Instructions for the task:
Only the lines holding "specs" are wanted here; copy each from the listing.

-- Provided records follows --

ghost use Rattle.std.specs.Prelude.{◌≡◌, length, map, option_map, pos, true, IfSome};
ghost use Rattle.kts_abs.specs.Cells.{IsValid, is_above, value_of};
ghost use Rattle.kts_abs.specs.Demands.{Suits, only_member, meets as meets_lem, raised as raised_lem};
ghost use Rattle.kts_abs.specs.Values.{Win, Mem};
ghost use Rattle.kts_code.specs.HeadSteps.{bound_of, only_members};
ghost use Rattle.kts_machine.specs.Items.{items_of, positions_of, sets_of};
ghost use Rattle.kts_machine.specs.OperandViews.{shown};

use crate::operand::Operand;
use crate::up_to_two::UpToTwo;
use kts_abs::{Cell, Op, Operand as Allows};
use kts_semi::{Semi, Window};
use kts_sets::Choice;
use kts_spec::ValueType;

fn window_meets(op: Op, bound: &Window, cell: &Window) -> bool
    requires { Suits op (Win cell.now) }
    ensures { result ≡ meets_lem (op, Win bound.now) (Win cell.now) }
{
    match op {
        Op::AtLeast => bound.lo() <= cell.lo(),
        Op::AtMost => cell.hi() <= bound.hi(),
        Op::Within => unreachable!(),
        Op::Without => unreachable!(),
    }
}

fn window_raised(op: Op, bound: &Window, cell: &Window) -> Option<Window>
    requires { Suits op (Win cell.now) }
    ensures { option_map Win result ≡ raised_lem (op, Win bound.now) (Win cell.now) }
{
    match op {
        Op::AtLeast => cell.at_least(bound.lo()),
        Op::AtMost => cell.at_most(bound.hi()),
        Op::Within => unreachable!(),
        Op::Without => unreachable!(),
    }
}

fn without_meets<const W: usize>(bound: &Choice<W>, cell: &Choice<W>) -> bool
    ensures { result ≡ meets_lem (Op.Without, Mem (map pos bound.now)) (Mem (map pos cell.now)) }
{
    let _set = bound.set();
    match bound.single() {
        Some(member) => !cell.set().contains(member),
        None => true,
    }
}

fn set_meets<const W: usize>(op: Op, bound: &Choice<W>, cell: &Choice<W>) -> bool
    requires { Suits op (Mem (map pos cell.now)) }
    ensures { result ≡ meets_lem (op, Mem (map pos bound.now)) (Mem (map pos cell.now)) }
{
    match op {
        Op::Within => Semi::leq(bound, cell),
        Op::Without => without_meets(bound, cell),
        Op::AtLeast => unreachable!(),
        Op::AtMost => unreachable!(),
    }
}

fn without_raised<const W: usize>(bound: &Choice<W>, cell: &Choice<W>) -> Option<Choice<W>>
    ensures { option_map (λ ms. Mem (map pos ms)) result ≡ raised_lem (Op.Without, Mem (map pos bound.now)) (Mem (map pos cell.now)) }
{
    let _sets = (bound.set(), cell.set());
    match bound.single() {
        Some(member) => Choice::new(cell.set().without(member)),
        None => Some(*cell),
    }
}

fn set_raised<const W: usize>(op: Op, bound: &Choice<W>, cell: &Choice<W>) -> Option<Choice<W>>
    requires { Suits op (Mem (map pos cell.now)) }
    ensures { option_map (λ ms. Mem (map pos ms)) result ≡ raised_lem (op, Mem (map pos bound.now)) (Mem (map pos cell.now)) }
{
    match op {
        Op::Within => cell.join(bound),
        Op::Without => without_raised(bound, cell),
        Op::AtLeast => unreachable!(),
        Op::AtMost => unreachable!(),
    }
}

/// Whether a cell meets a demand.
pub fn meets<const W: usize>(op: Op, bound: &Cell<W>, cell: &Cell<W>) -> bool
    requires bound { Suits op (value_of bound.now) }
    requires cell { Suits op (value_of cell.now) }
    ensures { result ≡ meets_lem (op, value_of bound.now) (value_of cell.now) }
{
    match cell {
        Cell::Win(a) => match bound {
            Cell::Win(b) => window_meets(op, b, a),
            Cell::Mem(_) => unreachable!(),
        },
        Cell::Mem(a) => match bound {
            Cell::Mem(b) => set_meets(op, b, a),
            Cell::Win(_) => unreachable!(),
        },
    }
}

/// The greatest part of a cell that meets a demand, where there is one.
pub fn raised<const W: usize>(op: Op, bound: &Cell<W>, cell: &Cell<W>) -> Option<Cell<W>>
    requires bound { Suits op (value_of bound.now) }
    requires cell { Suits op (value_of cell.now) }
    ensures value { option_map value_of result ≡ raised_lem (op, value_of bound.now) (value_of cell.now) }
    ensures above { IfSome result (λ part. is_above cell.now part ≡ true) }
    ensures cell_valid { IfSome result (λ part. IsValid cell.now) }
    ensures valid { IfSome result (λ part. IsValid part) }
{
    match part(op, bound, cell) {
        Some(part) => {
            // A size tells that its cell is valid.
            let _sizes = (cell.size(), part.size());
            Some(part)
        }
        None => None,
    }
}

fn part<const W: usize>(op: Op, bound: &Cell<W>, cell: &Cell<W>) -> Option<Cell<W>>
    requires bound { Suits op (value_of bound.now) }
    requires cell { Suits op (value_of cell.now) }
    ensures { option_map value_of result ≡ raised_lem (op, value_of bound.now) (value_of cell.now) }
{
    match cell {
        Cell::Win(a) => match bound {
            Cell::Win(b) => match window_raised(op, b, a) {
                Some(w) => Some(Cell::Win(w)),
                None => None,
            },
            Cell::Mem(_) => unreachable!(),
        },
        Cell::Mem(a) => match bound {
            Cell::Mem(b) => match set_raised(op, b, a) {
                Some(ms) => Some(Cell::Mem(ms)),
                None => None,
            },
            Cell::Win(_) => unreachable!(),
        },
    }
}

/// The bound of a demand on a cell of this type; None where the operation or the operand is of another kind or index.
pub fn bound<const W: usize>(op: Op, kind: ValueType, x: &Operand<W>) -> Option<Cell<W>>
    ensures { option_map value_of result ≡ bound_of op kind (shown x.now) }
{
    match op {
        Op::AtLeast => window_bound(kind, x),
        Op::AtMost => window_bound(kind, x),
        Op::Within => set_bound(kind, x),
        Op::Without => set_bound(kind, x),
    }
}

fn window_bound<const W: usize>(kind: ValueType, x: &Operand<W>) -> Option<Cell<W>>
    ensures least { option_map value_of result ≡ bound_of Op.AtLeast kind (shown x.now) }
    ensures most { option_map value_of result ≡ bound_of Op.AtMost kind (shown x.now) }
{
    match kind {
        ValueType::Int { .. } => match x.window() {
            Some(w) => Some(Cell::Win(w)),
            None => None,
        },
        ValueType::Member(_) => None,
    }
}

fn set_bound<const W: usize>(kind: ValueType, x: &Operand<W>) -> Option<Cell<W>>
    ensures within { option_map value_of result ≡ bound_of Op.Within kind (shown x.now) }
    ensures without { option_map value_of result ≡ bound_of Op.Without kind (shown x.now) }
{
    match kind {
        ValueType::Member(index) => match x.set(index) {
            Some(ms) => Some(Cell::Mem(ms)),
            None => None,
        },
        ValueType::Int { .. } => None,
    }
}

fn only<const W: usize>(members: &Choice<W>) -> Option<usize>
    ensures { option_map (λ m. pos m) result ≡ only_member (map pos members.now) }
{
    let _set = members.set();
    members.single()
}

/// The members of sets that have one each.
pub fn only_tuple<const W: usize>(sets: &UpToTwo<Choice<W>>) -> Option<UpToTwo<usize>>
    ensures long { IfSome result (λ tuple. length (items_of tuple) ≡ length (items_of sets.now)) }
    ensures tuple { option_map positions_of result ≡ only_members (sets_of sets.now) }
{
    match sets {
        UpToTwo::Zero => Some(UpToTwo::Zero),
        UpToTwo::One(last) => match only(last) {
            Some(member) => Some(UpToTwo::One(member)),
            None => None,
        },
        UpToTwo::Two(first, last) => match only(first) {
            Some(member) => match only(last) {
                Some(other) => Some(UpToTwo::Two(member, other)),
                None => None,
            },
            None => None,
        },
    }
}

-- Provided records concluded --
-- Provided records follows --

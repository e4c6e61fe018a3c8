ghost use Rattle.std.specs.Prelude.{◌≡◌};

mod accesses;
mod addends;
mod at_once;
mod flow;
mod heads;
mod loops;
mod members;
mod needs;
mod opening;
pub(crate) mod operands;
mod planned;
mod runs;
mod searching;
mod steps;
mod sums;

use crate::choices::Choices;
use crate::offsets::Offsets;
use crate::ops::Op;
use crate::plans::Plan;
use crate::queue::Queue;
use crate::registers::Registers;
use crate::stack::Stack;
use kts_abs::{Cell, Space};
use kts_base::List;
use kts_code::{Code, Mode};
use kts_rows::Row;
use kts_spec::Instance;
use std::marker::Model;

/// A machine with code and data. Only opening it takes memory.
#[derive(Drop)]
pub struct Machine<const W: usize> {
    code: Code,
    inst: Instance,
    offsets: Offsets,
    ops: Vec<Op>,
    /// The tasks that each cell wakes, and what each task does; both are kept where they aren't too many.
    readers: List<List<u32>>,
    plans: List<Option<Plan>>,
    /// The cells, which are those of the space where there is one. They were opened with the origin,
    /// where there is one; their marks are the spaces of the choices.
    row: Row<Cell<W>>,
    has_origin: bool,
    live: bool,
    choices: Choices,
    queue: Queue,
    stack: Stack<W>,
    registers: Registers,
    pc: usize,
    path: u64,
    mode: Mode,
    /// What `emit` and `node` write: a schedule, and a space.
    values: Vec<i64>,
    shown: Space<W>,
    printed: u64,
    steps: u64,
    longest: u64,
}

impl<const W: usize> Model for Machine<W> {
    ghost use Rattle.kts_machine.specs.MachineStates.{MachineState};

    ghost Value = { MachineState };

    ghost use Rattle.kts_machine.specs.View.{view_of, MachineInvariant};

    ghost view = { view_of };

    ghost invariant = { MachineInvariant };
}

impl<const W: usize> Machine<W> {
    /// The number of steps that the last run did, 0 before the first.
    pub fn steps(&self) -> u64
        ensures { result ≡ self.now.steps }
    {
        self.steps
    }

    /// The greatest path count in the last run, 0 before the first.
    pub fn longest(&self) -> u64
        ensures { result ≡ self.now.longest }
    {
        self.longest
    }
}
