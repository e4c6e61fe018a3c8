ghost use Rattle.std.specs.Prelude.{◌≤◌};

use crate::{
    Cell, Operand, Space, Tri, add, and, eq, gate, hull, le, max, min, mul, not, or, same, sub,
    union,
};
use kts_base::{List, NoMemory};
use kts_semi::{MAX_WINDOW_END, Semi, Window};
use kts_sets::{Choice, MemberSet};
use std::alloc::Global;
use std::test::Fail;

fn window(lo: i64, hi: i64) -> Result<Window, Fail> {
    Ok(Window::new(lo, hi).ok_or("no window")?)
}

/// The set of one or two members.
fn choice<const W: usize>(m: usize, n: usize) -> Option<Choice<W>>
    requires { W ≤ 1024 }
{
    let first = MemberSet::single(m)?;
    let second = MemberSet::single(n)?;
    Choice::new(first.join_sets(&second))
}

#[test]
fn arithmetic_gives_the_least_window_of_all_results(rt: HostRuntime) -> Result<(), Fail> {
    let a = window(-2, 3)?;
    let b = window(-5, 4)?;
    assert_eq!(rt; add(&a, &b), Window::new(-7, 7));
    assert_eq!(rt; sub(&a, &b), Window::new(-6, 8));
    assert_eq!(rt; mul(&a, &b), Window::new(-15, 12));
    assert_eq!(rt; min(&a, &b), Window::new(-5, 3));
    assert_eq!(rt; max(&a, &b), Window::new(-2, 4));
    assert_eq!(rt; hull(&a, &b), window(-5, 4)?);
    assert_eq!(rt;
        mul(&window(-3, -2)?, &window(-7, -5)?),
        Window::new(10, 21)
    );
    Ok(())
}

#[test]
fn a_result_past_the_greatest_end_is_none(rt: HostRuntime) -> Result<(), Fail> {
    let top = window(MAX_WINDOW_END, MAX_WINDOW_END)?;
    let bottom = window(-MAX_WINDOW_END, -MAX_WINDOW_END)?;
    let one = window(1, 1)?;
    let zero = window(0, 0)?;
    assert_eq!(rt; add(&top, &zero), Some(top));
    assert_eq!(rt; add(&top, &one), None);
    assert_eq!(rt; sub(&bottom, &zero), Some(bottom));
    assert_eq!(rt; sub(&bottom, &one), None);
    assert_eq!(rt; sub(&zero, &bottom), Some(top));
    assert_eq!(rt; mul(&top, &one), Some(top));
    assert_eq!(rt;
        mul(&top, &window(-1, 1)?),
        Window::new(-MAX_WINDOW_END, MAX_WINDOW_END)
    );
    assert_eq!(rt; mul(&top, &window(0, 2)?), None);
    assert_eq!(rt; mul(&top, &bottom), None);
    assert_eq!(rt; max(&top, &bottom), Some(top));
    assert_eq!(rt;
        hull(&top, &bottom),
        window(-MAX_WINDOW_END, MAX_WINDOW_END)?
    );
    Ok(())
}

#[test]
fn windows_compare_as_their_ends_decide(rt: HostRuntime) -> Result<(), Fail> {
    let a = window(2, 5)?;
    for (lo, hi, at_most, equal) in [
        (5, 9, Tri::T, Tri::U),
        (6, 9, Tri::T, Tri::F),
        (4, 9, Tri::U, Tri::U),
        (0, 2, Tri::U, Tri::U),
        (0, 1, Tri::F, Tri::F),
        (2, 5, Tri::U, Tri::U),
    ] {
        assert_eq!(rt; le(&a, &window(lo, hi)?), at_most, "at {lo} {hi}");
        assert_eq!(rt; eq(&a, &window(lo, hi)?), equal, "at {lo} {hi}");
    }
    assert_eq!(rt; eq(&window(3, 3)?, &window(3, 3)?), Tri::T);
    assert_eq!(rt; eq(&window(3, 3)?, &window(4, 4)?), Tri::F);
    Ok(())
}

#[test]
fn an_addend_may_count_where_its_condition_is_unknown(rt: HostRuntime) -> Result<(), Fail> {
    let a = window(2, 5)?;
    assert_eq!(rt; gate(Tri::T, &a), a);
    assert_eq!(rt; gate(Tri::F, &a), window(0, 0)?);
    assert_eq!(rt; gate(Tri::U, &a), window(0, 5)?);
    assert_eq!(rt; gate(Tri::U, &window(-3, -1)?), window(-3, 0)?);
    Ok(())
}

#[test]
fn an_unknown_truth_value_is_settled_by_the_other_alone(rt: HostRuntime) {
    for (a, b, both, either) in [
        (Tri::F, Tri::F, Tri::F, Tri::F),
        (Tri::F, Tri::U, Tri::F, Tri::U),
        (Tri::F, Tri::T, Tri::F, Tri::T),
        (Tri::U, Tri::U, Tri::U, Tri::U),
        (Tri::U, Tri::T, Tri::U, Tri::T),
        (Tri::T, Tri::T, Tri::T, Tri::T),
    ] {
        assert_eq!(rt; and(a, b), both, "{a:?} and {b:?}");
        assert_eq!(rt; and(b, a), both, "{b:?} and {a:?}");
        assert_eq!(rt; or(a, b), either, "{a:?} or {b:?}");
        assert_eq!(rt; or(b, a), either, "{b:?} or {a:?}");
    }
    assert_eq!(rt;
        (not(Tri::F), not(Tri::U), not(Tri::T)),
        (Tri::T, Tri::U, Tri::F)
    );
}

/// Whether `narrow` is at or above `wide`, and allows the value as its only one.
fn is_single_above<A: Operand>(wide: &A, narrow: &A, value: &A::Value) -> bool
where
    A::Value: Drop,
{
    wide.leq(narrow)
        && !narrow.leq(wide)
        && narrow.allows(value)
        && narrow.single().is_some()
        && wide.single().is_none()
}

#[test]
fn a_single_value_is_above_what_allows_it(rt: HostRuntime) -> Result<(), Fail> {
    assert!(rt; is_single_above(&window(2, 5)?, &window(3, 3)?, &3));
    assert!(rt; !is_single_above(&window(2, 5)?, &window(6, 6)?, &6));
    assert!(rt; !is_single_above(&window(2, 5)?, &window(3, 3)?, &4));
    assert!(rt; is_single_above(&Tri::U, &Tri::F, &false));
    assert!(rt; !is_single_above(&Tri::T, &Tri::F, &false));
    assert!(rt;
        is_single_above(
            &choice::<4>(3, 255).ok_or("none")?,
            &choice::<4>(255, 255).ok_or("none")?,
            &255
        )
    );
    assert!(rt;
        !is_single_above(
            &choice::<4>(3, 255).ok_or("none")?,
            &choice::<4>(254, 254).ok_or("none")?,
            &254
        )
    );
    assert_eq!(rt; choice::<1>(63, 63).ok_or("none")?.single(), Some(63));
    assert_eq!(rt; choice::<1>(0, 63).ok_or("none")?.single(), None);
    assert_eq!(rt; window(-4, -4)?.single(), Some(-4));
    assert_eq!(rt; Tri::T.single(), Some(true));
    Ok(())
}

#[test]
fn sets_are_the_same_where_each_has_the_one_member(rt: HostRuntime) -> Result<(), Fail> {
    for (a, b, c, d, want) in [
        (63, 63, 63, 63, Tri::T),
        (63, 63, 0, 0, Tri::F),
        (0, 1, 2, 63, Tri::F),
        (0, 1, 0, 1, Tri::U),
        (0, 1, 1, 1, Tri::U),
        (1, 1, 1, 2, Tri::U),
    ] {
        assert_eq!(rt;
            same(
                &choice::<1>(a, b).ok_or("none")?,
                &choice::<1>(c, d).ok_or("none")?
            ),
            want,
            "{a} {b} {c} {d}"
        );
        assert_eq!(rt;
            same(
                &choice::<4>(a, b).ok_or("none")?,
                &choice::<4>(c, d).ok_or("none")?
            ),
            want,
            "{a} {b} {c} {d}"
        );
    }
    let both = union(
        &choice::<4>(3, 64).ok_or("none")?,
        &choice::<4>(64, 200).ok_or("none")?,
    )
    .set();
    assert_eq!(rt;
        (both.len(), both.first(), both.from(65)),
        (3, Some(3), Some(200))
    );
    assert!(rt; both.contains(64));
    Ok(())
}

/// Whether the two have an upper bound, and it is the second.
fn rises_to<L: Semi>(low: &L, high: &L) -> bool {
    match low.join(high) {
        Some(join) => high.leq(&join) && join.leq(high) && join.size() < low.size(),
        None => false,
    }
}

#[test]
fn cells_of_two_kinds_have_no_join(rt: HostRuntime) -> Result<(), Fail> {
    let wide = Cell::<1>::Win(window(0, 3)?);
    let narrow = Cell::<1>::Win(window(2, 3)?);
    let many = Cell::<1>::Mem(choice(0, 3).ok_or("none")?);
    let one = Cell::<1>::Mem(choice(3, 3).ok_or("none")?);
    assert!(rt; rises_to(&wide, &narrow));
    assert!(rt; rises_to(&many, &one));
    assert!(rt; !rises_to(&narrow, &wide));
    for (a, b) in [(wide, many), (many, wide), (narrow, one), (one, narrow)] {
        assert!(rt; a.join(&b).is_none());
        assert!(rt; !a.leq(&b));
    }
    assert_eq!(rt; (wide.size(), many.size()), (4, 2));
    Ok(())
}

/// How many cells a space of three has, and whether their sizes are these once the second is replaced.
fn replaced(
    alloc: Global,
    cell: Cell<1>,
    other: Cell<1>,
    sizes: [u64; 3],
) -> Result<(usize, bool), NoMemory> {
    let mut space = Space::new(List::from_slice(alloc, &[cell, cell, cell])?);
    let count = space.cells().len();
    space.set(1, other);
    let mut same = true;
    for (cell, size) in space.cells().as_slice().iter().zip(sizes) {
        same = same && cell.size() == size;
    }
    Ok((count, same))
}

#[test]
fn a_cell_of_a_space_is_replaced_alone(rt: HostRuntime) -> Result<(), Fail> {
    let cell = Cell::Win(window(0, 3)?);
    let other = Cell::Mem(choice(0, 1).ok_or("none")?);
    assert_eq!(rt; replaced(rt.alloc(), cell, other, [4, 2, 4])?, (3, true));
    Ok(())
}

-- Provided records concluded --

Output of the exercise:
ghost use Rattle.std.specs.Prelude.{◌≡◌, length, map, option_map, pos, true, IfSome};
ghost use Rattle.kts_abs.specs.Cells.{IsValid, is_above, value_of};
ghost use Rattle.kts_abs.specs.Demands.{Suits, only_member, meets as meets_lem, raised as raised_lem};
ghost use Rattle.kts_abs.specs.Values.{Win, Mem};
ghost use Rattle.kts_code.specs.HeadSteps.{bound_of, only_members};
ghost use Rattle.kts_machine.specs.Items.{items_of, positions_of, sets_of};
ghost use Rattle.kts_machine.specs.OperandViews.{shown};
ghost use Rattle.std.specs.Prelude.{◌≡◌};
    ghost use Rattle.kts_machine.specs.MachineStates.{MachineState};
    ghost use Rattle.kts_machine.specs.View.{view_of, MachineInvariant};
ghost use Rattle.std.specs.Prelude.{◌≤◌};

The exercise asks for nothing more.